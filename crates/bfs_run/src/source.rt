// A script is read from a source to its end.
ghost use Rattle.std.specs.Prelude.{◌≡◌, ◌≤◌, ◌<◌, ℕ, List, [], true, false, Some, length, IfOk, OnOk, Err};
ghost use Rattle.bfs_base.specs.Counts.{Rose};
ghost use Rattle.bfs_run.specs.Sources.{IsReadOf, HasRead};

use bfs_ports::Source;
use std::alloc::Global;
use thiserror::Error;

/// The most bytes that a script may have.
const MOST: usize = 268_435_456;

/// How many bytes a source is asked for at once.
const PIECE: usize = 65_536;

/// Why a script isn't read.
#[derive(Clone, Copy, Debug, PartialEq, Eq, Error)]
pub enum Unread {
    #[error("the script can't be read")]
    Failed,
    #[error("no memory was found")]
    NoMemory,
}

/// Takes some more bytes, and tells whether there were any.
fn take_more<R: Source>(
    source: &mut R,
    piece: &mut [u8],
    bytes: &mut Vec<u8>,
) -> Result<bool, Unread>
    requires { 0 < length piece.old }
    ensures length { length piece.new ≡ length piece.old }
    ensures more { (first left : List ℕ) → HasRead (R.left source.old) first bytes.old.items left → IfOk result (λ more. (rest : List ℕ) × HasRead (R.left source.new) first bytes.new.items rest × (more ≡ false → rest ≡ [])) }
    ensures some { IfOk result (λ more. more ≡ true → length bytes.old.items < length bytes.new.items) }
    ensures failed { result ≡ Err Unread.Failed → Rose (R.faults source.old) (R.faults source.new) }
    ensures later { R.faults source.old ≤ R.faults source.new }
{
    let Ok(n) = source.take(piece) else {
        return Err(Unread::Failed);
    };
    match bytes.extend_from_slice(&piece[..n]) {
        Ok(()) => Ok(n > 0),
        Err(_) => Err(Unread::NoMemory),
    }
}

/// Takes bytes until a source has come to its end, or there are more than a script may have.
fn take_all<R: Source>(source: &mut R, piece: &mut [u8], bytes: &mut Vec<u8>) -> Result<(), Unread>
    requires some { 0 < length piece.old }
    requires empty { bytes.old.items ≡ [] }
    ensures read { (left : List ℕ) → R.left source.old ≡ Some left → OnOk result (IsReadOf left bytes.new.items) }
    ensures failed { result ≡ Err Unread.Failed → Rose (R.faults source.old) (R.faults source.new) }
    ensures later { R.faults source.old ≤ R.faults source.new }
{
    'pieces: while bytes.len() <= MOST {
        match take_more(source, piece, bytes) {
            Ok(true) => {}
            Ok(false) => return Ok(()),
            Err(fault) => return Err(fault),
        }
    }
    Ok(())
}

/// Reads a source to its end, or until it has more bytes than a script may have.
pub fn read_source<R: Source>(alloc: Global, source: &mut R) -> Result<Vec<u8>, Unread>
    ensures read { (left : List ℕ) → R.left source.old ≡ Some left → IfOk result (λ bytes. IsReadOf left bytes.items) }
    ensures failed { result ≡ Err Unread.Failed → Rose (R.faults source.old) (R.faults source.new) }
    ensures later { R.faults source.old ≤ R.faults source.new }
{
    let Ok(mut piece) = vec![in alloc; 0u8; PIECE] else {
        return Err(Unread::NoMemory);
    };
    let mut bytes = Vec::new(alloc);
    match take_all(source, &mut piece, &mut bytes) {
        Ok(()) => Ok(bytes),
        Err(fault) => Err(fault),
    }
}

:::

WORK ITEM: Show, from the material above, each line that includes the string "there".

ANSWER FOR THE TASK:
/// Takes some more bytes, and tells whether there were any.
/// Takes bytes until a source has come to its end, or there are more than a script may have.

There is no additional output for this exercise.